# Online-Casino Luckyseven



## Anonymous (16 Dezember 2005)

Wieder eine Möglichkeit, spielend reich zu werden   
Die Adressen sind alle gefälscht (auch der Empfänger) und eine Webseite ist trotz Ankündigung nicht im Schreiben enthalten, hier die komplette Mail:



> Betreff:  Auskunft
> Von:  <[email protected]>  ins Adressbuch
> An:  "persönlich" <[email protected]>
> Datum:  14.12.05 00:07:32
> ...


----------



## Anonymous (5 Januar 2006)

*Casino Luckyseven SPAM - Versendung*

Hallo
ich erhalte ebenfalls täglich die S..... mit der :evil:  """ Casino Luckyseven Werbung """  :evil: oder Besser  :evil: Spam - Versendung :evil:  !
Wie kann man denen das Handwerk legen und wer ist dafür im Internet zuständig.
Ich bin auf dem Gebiet Laie , aber bestimmt gibt es viele , die helfen können.
Vielleicht bis Bald und auf eine gute Antwort.
Grüßle
Klaus 0709
[email protected]

_e-mail-addi gelöscht siehe NUB
http://forum.computerbetrug.de/rules.php#11
Fäkalausdrücke sind unerwünscht
modaction_


----------



## Reducal (5 Januar 2006)

*Re: Casino Luckyseven SPAM - Versendung*



			
				Klaus0709 schrieb:
			
		

> Wie kann man denen das Handwerk legen und wer ist dafür im Internet zuständig.


 :gruebel:  Vielleicht die Nato?


----------



## Anonymous (5 Januar 2006)

*Re: Casino Luckyseven SPAM - Versendung*



			
				Reducal schrieb:
			
		

> Klaus0709 schrieb:
> 
> 
> 
> ...



Lieber Reducal
die Antwort hätte ich mir auch geben können . Besten Dank dafür .
Werde mir die Stelle bestimmt merken.
MfG
Klaus0709


----------



## SEP (5 Januar 2006)

*Re: Casino Luckyseven SPAM - Versendung*



			
				Anonymous schrieb:
			
		

> Lieber Reducal
> die Antwort hätte ich mir auch geben können . Besten Dank dafür .
> Werde mir die Stelle bestimmt merken.
> MfG
> Klaus0709


Strafanzeige stellen wegen Spam. Geht bei der örlichen Polizeidienststelle und bringt (außer einer persönlichen Befriedigung) nix.

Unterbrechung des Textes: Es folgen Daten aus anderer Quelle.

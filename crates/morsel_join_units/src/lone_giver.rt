//! The kept rows of a join that no row found, as loads.
ghost use Rattle.std.specs.Prelude.{◌≡◌, ◌<◌, List, [], false, IfOk, OnOk, IsOkUnless};
ghost use Rattle.std.specs.Arc.{arc_value};
ghost use Rattle.morsel_meaning.specs.declared.fault.Fault.TheVariants.{OutOfMemory};
ghost use Rattle.morsel_meaning.specs.Values.{Row};
ghost use Rattle.morsel_rows_job.specs.RowsJobs.{IsCutOf, alone_stretch};
ghost use Rattle.morsel_join.specs.BuildSides.{IsBuild, kept_side};
ghost use Rattle.morsel_join.specs.Hits.{AreMarks, HaveHit};
ghost use Rattle.morsel_join.specs.LoneRows.{LeavesAlone};
ghost use Rattle.morsel_join.specs.Sides.{rows_alone};
ghost use Rattle.morsel_join_units.specs.RowCutters.{GivesRest};
ghost use Rattle.morsel_join_units.specs.LoneGivers.{DidGiveAlone, HasLeft, IsLoneGiver};

use crate::row_cutter::RowCutter;
use morsel_end_units::LoadsGiver;
use morsel_join::{Build, Hits, LoneRows};
use morsel_load::{Load, Morsel, SourceToken};
use morsel_meaning::Fault;
use morsel_pipe::MorselSeq;
use morsel_rows_job::RowsJob;
use std::alloc::Global;
use std::snapshot::Snapshot;
use std::sync::Arc;

/// Gives the kept rows of a join that no row found, as loads of one place with one number, each of so many rows at most. There is
/// at least one load; the last one may have no row.
#[derive(Drop)]
pub struct LoneGiver {
    alloc: Global,
    lone: LoneRows,
    // The marks of all rows that were looked up.
    hits: Snapshot<Hits>,
    // How many rows a load has at most.
    rows: usize,
    cutter: RowCutter,
    // Whether the last load was given.
    ended: bool,
}

impl LoneGiver {
    /// One that has given nothing. These are the marks of all rows that were looked up; its loads have this number, and tokens of this source.
    pub fn new(
        alloc: Global,
        build: Arc<Build, Global>,
        hits: Hits,
        rows: usize,
        seq: MorselSeq,
        source: SourceToken,
    ) -> Result<LoneGiver, Fault>
        requires built { IsBuild (arc_value build) }
        requires marks { AreMarks (arc_value build) hits.seen.items }
        requires some { 0 < rows }
        ensures build { IfOk result (λ giver. arc_value giver.lone.build ≡ arc_value build) }
        ensures hits { IfOk result (λ giver. giver.hits.value ≡ hits) }
        ensures giver { IfOk result IsLoneGiver }
        ensures number { IfOk result (λ giver. giver.cutter.seq ≡ seq) }
        ensures left { IfOk result (λ giver. (asked : List Row) → HaveHit (arc_value build) hits.seen.items asked → HasLeft (rows_alone (kept_side (arc_value build)) asked) giver) }
        ensures none { IfOk result (λ giver. (giver.ended ≡ false) × DidGiveAlone giver []) }
        ensures out_of_memory { IsOkUnless result OutOfMemory }
    {
        let marks = Snapshot::of(&hits);
        let lone = LoneRows::new(alloc, build, hits)?;
        Ok(LoneGiver {
            alloc,
            lone,
            hits: marks,
            rows,
            cutter: RowCutter {
                seq,
                source,
                from: 0,
                to: 1,
                given: 0,
            },
            ended: false,
        })
    }

    /// The next rows that are alone, as a load.
    fn give<K, J>(&mut self) -> Result<Morsel<K, J>, Fault>
        requires giver { IsLoneGiver self.old }
        ensures giver { IsLoneGiver self.new }
        ensures same { (self.new.lone.build ≡ self.old.lone.build) × (self.new.hits ≡ self.old.hits) × (self.new.cutter.seq ≡ self.old.cutter.seq) × (self.new.ended ≡ self.old.ended) }
        ensures cut { (all : List Row) → HasLeft all self.old → IfOk result (λ morsel. IsCutOf all alone_stretch morsel.frame.rows morsel.stretch) }
        ensures left { (all : List Row) → HasLeft all self.old → OnOk result (HasLeft all self.new) }
        ensures rows { (rest : List Row) → LeavesAlone self.old.lone rest → IfOk result (λ morsel. GivesRest (LeavesAlone self.new.lone) rest morsel.frame.rows morsel.stretch.last) }
        ensures free { IfOk result (λ morsel. morsel.consume_token ≡ None) }
        ensures number { IfOk result (λ morsel. morsel.seq ≡ self.old.cutter.seq) }
        ensures place { IfOk result (λ morsel. (morsel.stretch.from ≡ 0) × (morsel.stretch.to ≡ 1)) }
        ensures columns { IfOk result (λ morsel. morsel.frame.schema ≡ (arc_value self.old.lone.build).rules.output) }
        ensures out_of_memory { IsOkUnless result OutOfMemory }
    {
        let some = self.lone.next(self.alloc, self.rows)?;
        let morsel = self.cutter.cut(some)?;
        Ok(morsel)
    }
}

impl<K: Drop, J: RowsJob<K>> LoadsGiver<K, J> for LoneGiver {
    ghost use Rattle.std.specs.Prelude.{◌≡◌, ◌++◌, [], List, None, IfSome, IfOk, OnOk, IsOkUnless, refl};
    ghost use Rattle.std.proofs.Common.{◌∙◌};
    ghost use Rattle.morsel_meaning.specs.declared.fault.Fault.TheVariants.{OutOfMemory};
    ghost use Rattle.morsel_load.specs.Loads.{LoadSeen, held_token, load_seen};
    ghost use Rattle.morsel_flat_units.specs.FlatUnits.{made_ends, made_loads};
    ghost use Rattle.morsel_join_units.specs.LoneGivers.{DidGiveAlone, GivesAloneFor, IsLaterGiver, place_left};

    ghost gives_for = { λ giver to. GivesAloneFor J.is_all J.is_alone to giver };

    ghost left = { λ giver. place_left giver.ended };

    ghost did = { λ giver made. DidGiveAlone giver made };

    ghost is_later = { IsLaterGiver };

    ghost may_fail = { λ job fault. fault ≡ OutOfMemory };

    fn next(&mut self) -> Result<Option<Load<K, J>>, Fault>
        requires for_job { (to : J) × GivesAloneFor J.is_all J.is_alone to self.old }
        ensures suits { IfOk result (λ made. IfSome made (λ load. (to : J) → GivesAloneFor J.is_all J.is_alone to self.old → J.suits to (load_seen load))) }
        ensures free { IfOk result (λ made. IfSome made (λ load. held_token load ≡ None)) }
        ensures gives_for { OnOk result ((to : J) → GivesAloneFor J.is_all J.is_alone to self.old → GivesAloneFor J.is_all J.is_alone to self.new) }
        ensures left { IfOk result (λ made. place_left self.old.ended ≡ made_ends made ++ place_left self.new.ended) }
        ensures none_left { IfOk result (λ made. made ≡ None → place_left self.new.ended ≡ []) }
        ensures did { IfOk result (λ made. (before : List LoadSeen) → DidGiveAlone self.old before → DidGiveAlone self.new (before ++ made_loads made)) }
        ensures later { IsLaterGiver self.old self.new }
        ensures failed { IsOkUnless result OutOfMemory }
    {
        if self.ended {
            return Ok(None);
        }
        let morsel = self.give()?;
        self.ended = morsel.stretch().last;
        Ok(Some(Load::Morsel(morsel)))
    }

    ghost later_same = { λ giver. record { build = refl; hits = refl; number = refl } };

    ghost later_next = { λ first mid last later more. record { build = more.build ∙ later.build; hits = more.hits ∙ later.hits; number = more.number ∙ later.number } };
}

Ist nun mal so im internationalen Mailverkehr ...

@Reducal: UNO greift weiter als NATO!


----------



## Nebelwolf ✟ (5 Januar 2006)

Antispam ist leider nicht erreichbar, dort liegt eine dicke Krankenakte. Die geeignete Vorgehensweise ist die, den Provider zu ermitteln auf dem die Casino-Software läft und sich dort beschweren. Außerdem Beschwerden an die Provider, über deren Infrastruktur der Spam versendet worden ist. Das Casino hat, wenn ich mich recht erinnere, schon ein paar Mal den server wechseln müssen.

Zusätzlich kann man auch von Künstlern lernen: http://aa419.org/

Nebelwolf


----------



## Stalker2002 (5 Januar 2006)

Nebelwolf schrieb:
			
		

> Antispam ist leider nicht erreichbar



Es ist mir eine Freude, dich in diesem Fall zu korrigieren...

ANTISPAM LEBT WIEDER!

MfG
L.


----------



## Anonymous (23 Januar 2006)

*unerwünschte Werbemails etc.*

Hallo
habe mich ein bisschen Schlau gemacht. 
Es gibt nun eine Stelle die gegen , nicht nur ,
unerwünschte Werbemail Versendungen etc. vorgeht.
Unter
http://www.internet-beschwerdestelle.de
eco Electronic Commerce Forum -
Verband der deutschen Internetwirtschaft e.V.
könnt ihr Hilfe gegen unerwünschten Werbemail - Versand etc.
finden.
Hoffentlich hilft dies Einigen.
Klaus0709
23.01.2006


----------